Sie mogeln sich seit Jahr und Tag um die Frage der Studiengebühren herum, obwohl zum Beispiel auch der Stifterverband – übrigens nicht der Stifterverband der deutschen Wirtschaft, sondern der Stifterverband für die Deutsche Wissenschaft – ganz eindeutig gesagt hat: Wenn wir auf Qualität unserer Hochschulen setzen – und das müssen wir unbedingt tun –,
(Zuruf des Abg. Kretschmann GRÜNE – Abg. Bri- gitte Lösch GRÜNE: Haben Sie meiner Kollegin nicht zugehört?)
werden wir auf Sicht gesehen nicht um Studiengebühren herumkommen. Sie mogeln sich um diese Frage herum. Ich sage Ihnen: Ich bin bereit, auch in einem Alleingang von Baden-Württemberg eine solche nachlaufende Studiengebühr einzuführen.
Allerdings: Voraussetzung ist natürlich, dass die rechtlichen Möglichkeiten geschaffen werden. Diese rechtlichen Möglichkeiten sind bis zur Stunde nicht gegeben; das wissen Sie. Wir sind in dieser Frage handlungsunfähig. Wir können eine solche Gebühr nicht einführen, selbst wenn wir wollten.

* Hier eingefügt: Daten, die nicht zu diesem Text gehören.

// What a reader of an MDF knows behind each statement: the file's own row as far as it is given, and how many goals and limits there were; and the row that a statement gives.
// No table is touched here.
//
// specs/Progress: the same, executable, over the program's types. proofs/Shown: it is what `fill` says of the statements of an MDF, with names as stretches,
// missing ones 0, 0, and numbers as kinds.
//
// Rests on `fill`, `statement`, `rows`, `units`, `grammar` and `terms`.
#![tactic(auto)]

ghost use Rattle.std.specs.Prelude.{◌≡◌, ◌<◌, leb};
ghost use Rattle.rows.specs.Read.{the_stretch_of};
ghost use Rattle.mission_progress.specs.Given.{goal_given, limit_given};
ghost use Rattle.mission_progress.specs.Progress.{none_read_of, total, file_after_of, mission_after_of, mission_after_within, mission_row_of};

use rows::{GoalRow, LimitRow, MissionFileRow, Stretch};
use statement::Order;
use units::{CheckpointNumber, Mph, SegmentId};

// The number of rows from which on nothing more is counted. No text that is read has so many.
const FULL: u32 = 4294967295;

#[derive(Clone, Copy)]
pub struct MissionProgress {
    pub file: MissionFileRow,
    pub goals: u32,
    pub limits: u32,
}

// The row that one statement gives.
#[derive(Clone, Copy)]
pub enum MissionRow {
    Nothing,
    Goal(GoalRow),
    Limit(LimitRow),
}

// The row of a goal, or of a limit; none where a number is not of its kind, as no place lets through.
fn goal_row(n: u32) -> MissionRow
    ensures { result ≡ goal_given n }
{
    let Some(number) = CheckpointNumber::new(n) else {
        return MissionRow::Nothing;
    };
    MissionRow::Goal(GoalRow { number })
}

fn limit_row(id: u32, minimum: u32, maximum: u32) -> MissionRow
    ensures { result ≡ limit_given id minimum maximum }
{
    let Some(part) = SegmentId::new(id) else {
        return MissionRow::Nothing;
    };
    let Some(least) = Mph::new(minimum) else {
        return MissionRow::Nothing;
    };
    let Some(most) = Mph::new(maximum) else {
        return MissionRow::Nothing;
    };
    MissionRow::Limit(LimitRow {
        id: part,
        minimum: least,
        maximum: most,
    })
}

fn name_at(start: u32, length: u32) -> Stretch
    ensures { result ≡ the_stretch_of start length }
{
    Stretch { start, length }
}

// The file's own row behind a statement.
fn file_after(file: MissionFileRow, o: Order) -> MissionFileRow
    ensures { result ≡ file_after_of o file }
{
    match o {
        Order::MdfName(start, length) => MissionFileRow {
            name: name_at(start, length),
            ..file
        },
        Order::Rndf(start, length) => MissionFileRow {
            rndf: name_at(start, length),
            ..file
        },
        Order::FormatVersion(start, length) => MissionFileRow {
            version: name_at(start, length),
            ..file
        },
        Order::CreationDate(start, length) => MissionFileRow {
            date: name_at(start, length),
            ..file
        },
        _ => file,
    }
}

impl MissionProgress {
    // Before the first statement.
    pub fn none() -> MissionProgress
        ensures { result ≡ none_read_of }
    {
        let missing = name_at(0, 0);
        MissionProgress {
            file: MissionFileRow {
                name: missing,
                rndf: missing,
                version: missing,
                date: missing,
            },
            goals: 0,
            limits: 0,
        }
    }

    // Behind one more statement; the same as before it where one row more might not fit.
    pub fn after(self, o: Order) -> MissionProgress
        ensures { result ≡ mission_after_within o self }
    {
        if self.is_full() { self } else { self.onward(o) }
    }

    // All rows together are as many as 32 bits hold.
    fn is_full(self) -> bool
        ensures { result ≡ leb 4294967295 (total self) }
    {
        FULL as usize <= self.goals as usize + self.limits as usize
    }

    fn onward(self, o: Order) -> MissionProgress
        requires { total self < 4294967295 }
        ensures { result ≡ mission_after_of o self }
    {
        let file = file_after(self.file, o);
        match o {
            Order::Goal(_) => MissionProgress {
                file,
                goals: self.goals + 1,
                ..self
            },
            Order::Limit(_, _, _) => MissionProgress {
                file,
                limits: self.limits + 1,
                ..self
            },
            _ => MissionProgress { file, ..self },
        }
    }
}

// The row that a statement gives, whatever was before it.
pub fn mission_row(o: Order) -> MissionRow
    ensures { result ≡ mission_row_of o }
{
    match o {
        Order::Goal(n) => goal_row(n),
        Order::Limit(id, minimum, maximum) => limit_row(id, minimum, maximum),
        _ => MissionRow::Nothing,
    }
}
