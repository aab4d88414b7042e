//! The certificate of a job is written.
ghost use Rattle.std.specs.Prelude.{◌≡◌, ◌<◌, ◌^◌, ◌∷◌, [], OnOk};
ghost use Rattle.mt_types.specs.WellMade.{IsDocument};
ghost use Rattle.mt_certline.specs.Certificate.{lines_of};
ghost use Rattle.mt_certline.specs.declared.line.Line.TheVariants.{Begin};
ghost use Rattle.mt_checker.specs.Texts.{certificate_text};
ghost use Rattle.mt_cert.specs.Putting.{PutsTo, out_at};
ghost use Rattle.mt_cert.specs.Reading.{certificate_in};
ghost use Rattle.mt_cert.specs.Writing.{WritesText};

use crate::names::{put_inputs, put_outputs};
use crate::page::{Halt, Page, no_lines, put_line, send};
use crate::tasks::put_phases;
use mt_base::Duplicate;
use mt_certline::Line;
use mt_edge::Sink;
use mt_types::{Body, Job};
use std::alloc::Global;

/// How far a certificate was written.
#[derive(Clone, Copy, Debug, PartialEq, Eq)]
pub enum Written {
    /// Whole.
    Whole,
    /// A front of it: the sink has failed.
    SinkFault,
    /// A front of it: out of memory.
    Memory,
}

// Puts the first line.
fn put_begin<K: Sink>(
    alloc: Global,
    login: &str,
    job: &Job<Body>,
    page: &mut Page,
    sink: &mut K,
) -> Result<(), Halt>
    requires { job.now.number < 2 ^ 62 }
    ensures puts { PutsTo login.now (Begin job.now.number job.now.document.phases ∷ []) result (out_at page.old (K.got sink.old) (K.write_faults sink.old)) (out_at page.new (K.got sink.new) (K.write_faults sink.new)) }
    ensures stays { K.sink_stays sink.old sink.new }
{
    match job.document.phases.copy(alloc) {
        Ok(phases) => {
            let number = job.number;
            put_line(alloc, login, &Line::Begin { number, phases }, page, sink)
        }
        Err(_) => Err(Halt::Memory),
    }
}

/// Puts all lines of the certificate of a job.
pub(crate) fn put_certificate<K: Sink>(
    alloc: Global,
    login: &str,
    job: &Job<Body>,
    page: &mut Page,
    sink: &mut K,
) -> Result<(), Halt>
    requires number { job.now.number < 2 ^ 62 }
    requires document { IsDocument job.now.document }
    ensures puts { PutsTo login.now (lines_of (certificate_in job.now)) result (out_at page.old (K.got sink.old) (K.write_faults sink.old)) (out_at page.new (K.got sink.new) (K.write_faults sink.new)) }
    ensures stays { K.sink_stays sink.old sink.new }
{
    put_begin(alloc, login, job, page, sink)?;
    put_inputs(alloc, login, job.inputs.as_slice(), page, sink)?;
    put_phases(alloc, login, job, page, sink)?;
    put_outputs(alloc, login, job, page, sink)?;
    put_line(alloc, login, &Line::End, page, sink)
}

// The same, and then sends what is left in the page.
fn put_whole<K: Sink>(
    alloc: Global,
    login: &str,
    job: &Job<Body>,
    page: &mut Page,
    sink: &mut K,
) -> Result<(), Halt>
    requires number { job.now.number < 2 ^ 62 }
    requires document { IsDocument job.now.document }
    ensures puts { PutsTo login.now (lines_of (certificate_in job.now)) result (out_at page.old (K.got sink.old) (K.write_faults sink.old)) (out_at page.new (K.got sink.new) (K.write_faults sink.new)) }
    ensures empty { OnOk result (page.new.text.items ≡ []) }
    ensures stays { K.sink_stays sink.old sink.new }
{
    put_certificate(alloc, login, job, page, sink)?;
    send(page, sink)
}

/// Writes the certificate of a job, line by line, in writes of 65,536 bytes and a line at most. It holds a page, one line, and of
/// a reduce phase a number for each item that it reads. `certificate_fits` says before whether its lines are within the limits.
pub fn write_certificate<K: Sink>(
    alloc: Global,
    login: &str,
    job: &Job<Body>,
    sink: &mut K,
) -> Written
    requires number { job.now.number < 2 ^ 62 }
    requires document { IsDocument job.now.document }
    ensures writes { WritesText (certificate_text login.now (certificate_in job.now)) result (K.got sink.old) (K.write_faults sink.old) (K.got sink.new) (K.write_faults sink.new) }
    ensures stays { K.sink_stays sink.old sink.new }
{
    let mut page = no_lines(alloc);
    match put_whole(alloc, login, job, &mut page, sink) {
        Ok(()) => Written::Whole,
        Err(Halt::SinkFault) => Written::SinkFault,
        Err(Halt::Memory) => Written::Memory,
    }
}
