//! The lines of inputs and outputs.
ghost use Rattle.std.specs.Prelude.{◌≡◌, ◌∷◌, [], map};
ghost use Rattle.mt_types.specs.Values.{item_with};
ghost use Rattle.mt_types.specs.WellMade.{IsDocument};
ghost use Rattle.mt_certline.specs.declared.line.Line.TheVariants.{Input, Output};
ghost use Rattle.mt_cert.specs.Certifying.{sum_of_body};
ghost use Rattle.mt_cert.specs.Putting.{PutsTo, out_at};
ghost use Rattle.mt_cert.specs.Reading.{certificate_in, given_lines, input_lines, output_lines};

use crate::known::known_item;
use crate::page::{Halt, Page, put_line};
use crate::shares::items_of;
use mt_base::Duplicate;
use mt_certline::Line;
use mt_edge::Sink;
use mt_path::Path;
use mt_types::{Body, Item, Job, TraceEntry};
use std::alloc::Global;

// Puts the line of an input.
fn put_input<K: Sink>(
    alloc: Global,
    login: &str,
    item: &Item<Body>,
    page: &mut Page,
    sink: &mut K,
) -> Result<(), Halt>
    ensures puts { PutsTo login.now (Input (item_with sum_of_body item.now) ∷ []) result (out_at page.old (K.got sink.old) (K.write_faults sink.old)) (out_at page.new (K.got sink.new) (K.write_faults sink.new)) }
    ensures stays { K.sink_stays sink.old sink.new }
{
    match known_item(alloc, item) {
        Ok(known) => put_line(alloc, login, &Line::Input(known), page, sink),
        Err(_) => Err(Halt::Memory),
    }
}

/// Puts the lines of inputs.
pub(crate) fn put_inputs<K: Sink>(
    alloc: Global,
    login: &str,
    items: &[Item<Body>],
    page: &mut Page,
    sink: &mut K,
) -> Result<(), Halt>
    ensures puts { PutsTo login.now (input_lines items.now) result (out_at page.old (K.got sink.old) (K.write_faults sink.old)) (out_at page.new (K.got sink.new) (K.write_faults sink.new)) }
    ensures stays { K.sink_stays sink.old sink.new }
{
    for item in items {
        put_input(alloc, login, item, page, sink)?;
    }
    Ok(())
}

// Puts the line of an output.
fn put_name<K: Sink>(
    alloc: Global,
    login: &str,
    name: &Path,
    page: &mut Page,
    sink: &mut K,
) -> Result<(), Halt>
    ensures puts { PutsTo login.now (Output name.now ∷ []) result (out_at page.old (K.got sink.old) (K.write_faults sink.old)) (out_at page.new (K.got sink.new) (K.write_faults sink.new)) }
    ensures stays { K.sink_stays sink.old sink.new }
{
    match name.copy(alloc) {
        Ok(name) => put_line(alloc, login, &Line::Output(name), page, sink),
        Err(_) => Err(Halt::Memory),
    }
}

// Puts the lines of outputs.
fn put_names<K: Sink>(
    alloc: Global,
    login: &str,
    items: &[Item<Body>],
    page: &mut Page,
    sink: &mut K,
) -> Result<(), Halt>
    ensures puts { PutsTo login.now (output_lines items.now) result (out_at page.old (K.got sink.old) (K.write_faults sink.old)) (out_at page.new (K.got sink.new) (K.write_faults sink.new)) }
    ensures stays { K.sink_stays sink.old sink.new }
{
    for item in items {
        put_name(alloc, login, &item.name, page, sink)?;
    }
    Ok(())
}

// Puts the lines of what the tasks of a phase gave.
fn put_given<K: Sink>(
    alloc: Global,
    login: &str,
    phase: u32,
    trace: &[TraceEntry<Body>],
    page: &mut Page,
    sink: &mut K,
) -> Result<(), Halt>
    ensures puts { PutsTo login.now (given_lines phase trace.now) result (out_at page.old (K.got sink.old) (K.write_faults sink.old)) (out_at page.new (K.got sink.new) (K.write_faults sink.new)) }
    ensures stays { K.sink_stays sink.old sink.new }
{
    for entry in trace {
        if entry.phase == phase {
            put_names(alloc, login, items_of(&entry.outcome), page, sink)?;
        }
    }
    Ok(())
}

/// Puts the lines of the outputs of a job: what its last phase gave.
pub(crate) fn put_outputs<K: Sink>(
    alloc: Global,
    login: &str,
    job: &Job<Body>,
    page: &mut Page,
    sink: &mut K,
) -> Result<(), Halt>
    requires { IsDocument job.now.document }
    ensures puts { PutsTo login.now (map (λ p. Output p) (certificate_in job.now).outputs) result (out_at page.old (K.got sink.old) (K.write_faults sink.old)) (out_at page.new (K.got sink.new) (K.write_faults sink.new)) }
    ensures stays { K.sink_stays sink.old sink.new }
{
    let last = job.document.phases.len() - 1;
    put_given(alloc, login, last as u32, job.trace.as_slice(), page, sink)
}
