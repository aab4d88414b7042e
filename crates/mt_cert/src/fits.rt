//! Whether the lines of a job's certificate are within the limits.
ghost use Rattle.std.specs.Prelude.{◌≡◌, ◌<◌, ◌+◌, ◌^◌, ◌&&◌, ◌↔◌, nat_le, true, length, IfOk, IsTrue};
ghost use Rattle.std.specs.Bool.{OnTrue};
ghost use Rattle.std.specs.List.{list_all};
ghost use Rattle.mt_types.specs.WellMade.{IsDocument};
ghost use Rattle.mt_certline.specs.Certificate.{lines_of};
ghost use Rattle.mt_checker.specs.Texts.{Fits};
ghost use Rattle.mt_checker.specs.declared.limits.TheConstants.{MOST_LINES};
ghost use Rattle.mt_cert.specs.Putting.{is_short};
ghost use Rattle.mt_cert.specs.Reading.{certificate_in};
ghost use Rattle.mt_cert.specs.Writing.{IsAccepted};

use crate::held::see;
use crate::page::{Page, no_lines};
use crate::writing::put_certificate;
use mt_checker::MOST_LINES;
use mt_edge::{Sink, WriteStep};
use mt_types::{Body, Job};
use std::alloc::{AllocError, Global};
use std::marker::Model;

// A sink that takes all and keeps nothing.
#[derive(Drop)]
struct Nowhere {}

impl Sink for Nowhere {
    ghost use Rattle.std.specs.Prelude.{◌<◌, None, length, ⊤};
    ghost use Rattle.mt_edge.specs.Stream.{Writes};

    ghost got = { λ s. None };

    ghost write_faults = { λ s. 0 };

    ghost sink_stays = { λ a b. ⊤ };

    fn write(&mut self, piece: &[u8]) -> WriteStep
        requires { 0 < length piece.now }
        ensures { Writes None 0 piece.now result None 0 }
    {
        WriteStep::Took(piece.len())
    }

    ghost sink_same = { λ a. tt };

    ghost sink_joined = { λ a b c h k. tt };
}

// A page that the lines of the certificate of a job went through.
fn measured(alloc: Global, login: &str, job: &Job<Body>) -> Result<Page, AllocError>
    requires number { job.now.number < 2 ^ 62 }
    requires document { IsDocument job.now.document }
    ensures short { IfOk result (λ p. p.short ≡ (list_all (is_short login.now) (lines_of (certificate_in job.now)) && true)) }
    ensures lines { IfOk result (λ p. p.lines ≡ 0 + length (lines_of (certificate_in job.now))) }
{
    let mut page = no_lines(alloc);
    match put_certificate(alloc, login, job, &mut page, &mut Nowhere {}) {
        Ok(()) => Ok(page),
        Err(_) => Err(AllocError),
    }
}

// Whether the lines that went through a page are within the limits.
fn is_within(page: &Page) -> bool
    ensures { result ≡ (page.now.short && nat_le page.now.lines MOST_LINES) }
{
    page.short && page.lines <= MOST_LINES
}

/// Whether the lines of the certificate of a job are within the limits of certificates. It makes each line and drops it. Where
/// they are, the text of the certificate of a lawful, complete job is accepted. It fails for want of memory alone.
pub fn certificate_fits(alloc: Global, login: &str, job: &Job<Body>) -> Result<bool, AllocError>
    requires number { job.now.number < 2 ^ 62 }
    requires document { IsDocument job.now.document }
    ensures exact { IfOk result (λ fits. IsTrue fits ↔ Fits login.now (certificate_in job.now)) }
    ensures accepted { IfOk result (λ fits. OnTrue fits (IsAccepted login.now job.now)) }
{
    let page = measured(alloc, login, job)?;
    see(job)?;
    Ok(is_within(&page))
}
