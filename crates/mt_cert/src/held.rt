//! What the values of a job keep by their types: texts are texts, numbers have 64 bits, and digests 16 bytes. These walks look
//! at values and change none.
ghost use Rattle.std.specs.Prelude.{◌≡◌, ◌<◌, ◌^◌, IfOk, OnOk, length};
ghost use Rattle.std.specs.List.{AllByRecursion};
ghost use Rattle.mt_ident.specs.Digests.{IsDigest};
ghost use Rattle.mt_model.specs.Types.{Body};
ghost use Rattle.mt_certline.specs.Laws.{IsOfTexts};
ghost use Rattle.mt_cert.specs.Accepting.{IsHeld, IsSum};
ghost use Rattle.mt_cert.specs.Certifying.{sum_of_body};
ghost use Rattle.mt_cert.specs.Seen.{AreSums, IsSeenEntry, IsSeenTrace};

use crate::shares::items_of;
use mt_types::{Body, Item, Job, Phase, TraceEntry};
use std::alloc::AllocError;

// The command lines of a phase are texts.
fn see_phase(phase: &Phase)
    ensures { IsOfTexts phase.now }
{
    let _exec = phase.exec.as_str();
    if let Some(init) = &phase.init {
        let _init = init.as_str();
    }
}

// Those of all phases are.
fn see_phases(phases: &[Phase])
    ensures { AllByRecursion IsOfTexts phases.now }
{
    for phase in phases {
        see_phase(phase);
    }
}

// Sixteen bytes are a digest.
fn see_digest(md5: [u8; 16])
    ensures { IsDigest md5 }
{}

// A body is known by a digest and a number.
fn see_body(body: &Body)
    ensures { IsSum (sum_of_body body.now) }
{
    let _len = body.len;
    see_digest(body.md5);
}

// So are those of items.
fn see_items(items: &[Item<Body>])
    ensures { AreSums items.now }
{
    for item in items {
        see_body(&item.body);
    }
}

// The numbers of a committed task, and its outputs.
fn see_entry(entry: &TraceEntry<Body>)
    ensures { IsSeenEntry entry.now }
{
    let _phase = entry.phase;
    let _place = entry.place;
    see_items(items_of(&entry.outcome));
}

// Those of all; and how many outputs there are. It fails where they are not below 2^64, which no memory holds.
fn see_trace(trace: &[TraceEntry<Body>]) -> Result<u64, AllocError>
    ensures { IfOk result (IsSeenTrace trace.now) }
{
    let mut count: u64 = 0;
    for entry in trace {
        see_entry(entry);
        let more = items_of(&entry.outcome).len() as u64;
        let Some(sum) = count.checked_add(more) else {
            return Err(AllocError);
        };
        count = sum;
    }
    Ok(count)
}

/// What a job keeps by the types of its values, as the laws of certificates ask it. It fails for want of memory alone.
pub(crate) fn see(job: &Job<Body>) -> Result<(), AllocError>
    ensures { OnOk result (IsHeld Body sum_of_body job.now) }
{
    see_phases(job.document.phases.as_slice());
    see_items(job.inputs.as_slice());
    let _inputs = job.inputs.len();
    see_trace(job.trace.as_slice())?;
    Ok(())
}
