//! `drill_rows`: drills in memory, and the words that ask for one, row by row. Its stored run is their table of cases.
//!
//! - `store`: the files, a drill over them, and what a session reads of them.
#![tactic(auto)]

mod store;

use mt_drill::{DrillWords, WordsError};
use mt_rows::{Row, Rows, Stop, print_table, put_escaped};
use std::alloc::Global;
use std::io;
use store::Store;

// The words of a row, behind its first.
fn words_of(alloc: Global, row: &Row) -> Result<Vec<String>, Stop> {
    let mut words = Vec::new(alloc);
    for place in 1..row.len() {
        words.push(String::from_str(alloc, row.text(place)?)?)?;
    }
    Ok(words)
}

// What words ask for.
fn put_words(alloc: Global, row: &Row, out: &mut String) -> Result<(), Stop> {
    let words = words_of(alloc, row)?;
    match DrillWords::read(alloc, &words) {
        Ok(words) => {
            write!(out, "{} objects, store ", words.count)?;
            put_escaped(out, words.store.as_bytes())?;
            if let Some(moment) = words.at {
                write!(out, ", at {moment}")?;
            }
        }
        Err(WordsError::Words(fault)) => write!(out, "{fault:?}")?,
        Err(WordsError::Memory) => return Err(Stop::Memory),
    }
    Ok(())
}

impl Rows for Store {
    fn answer(
        &mut self,
        alloc: Global,
        line: &str,
        row: &Row,
        out: &mut String,
    ) -> Result<(), Stop> {
        match row.text(0)? {
            "words" => put_words(alloc, row, out),
            "new" => self.forget(alloc),
            "store" => self.read(alloc, row),
            "fail" => self.set_failing(alloc, row),
            "drill" => self.drill(alloc, row, out),
            "ask" => self.ask(alloc, line, out),
            _ => Err(Stop::NoSuchRow),
        }
    }
}

fn main(rt: HostRuntime) -> io::Result<()> {
    print_table(&rt, &mut Store::new(rt.alloc()))
}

Voraussetzung ist – jetzt komme ich auf einen grundsätzlichen Punkt –, dass der Kollege Kretschmann und der Kollege Drexler
und ich selbst sowie die Kollegen Vertreter der Union sich nicht nur auf dem Föderalismuskonvent in Lübeck in Sonntagsreden – übrigens gut gemeint, hervorragend gemacht, Kollege Kretschmann; das ist nicht der Punkt – für einen Wettbewerbsföderalismus in der Bundesrepublik aussprechen, sondern dass wir auch die Föderalismuskonvente, die jetzt am laufenden Band stattfinden, wirklich nutzen, um zu einem Föderalismus zu kommen, der den Namen Wettbewerbsföderalismus verdient. Das sollten wir gemeinsam tun. Eine Voraussetzung dafür ist, dass unnötige Beschränkungen der Landespolitik aufgehoben werden.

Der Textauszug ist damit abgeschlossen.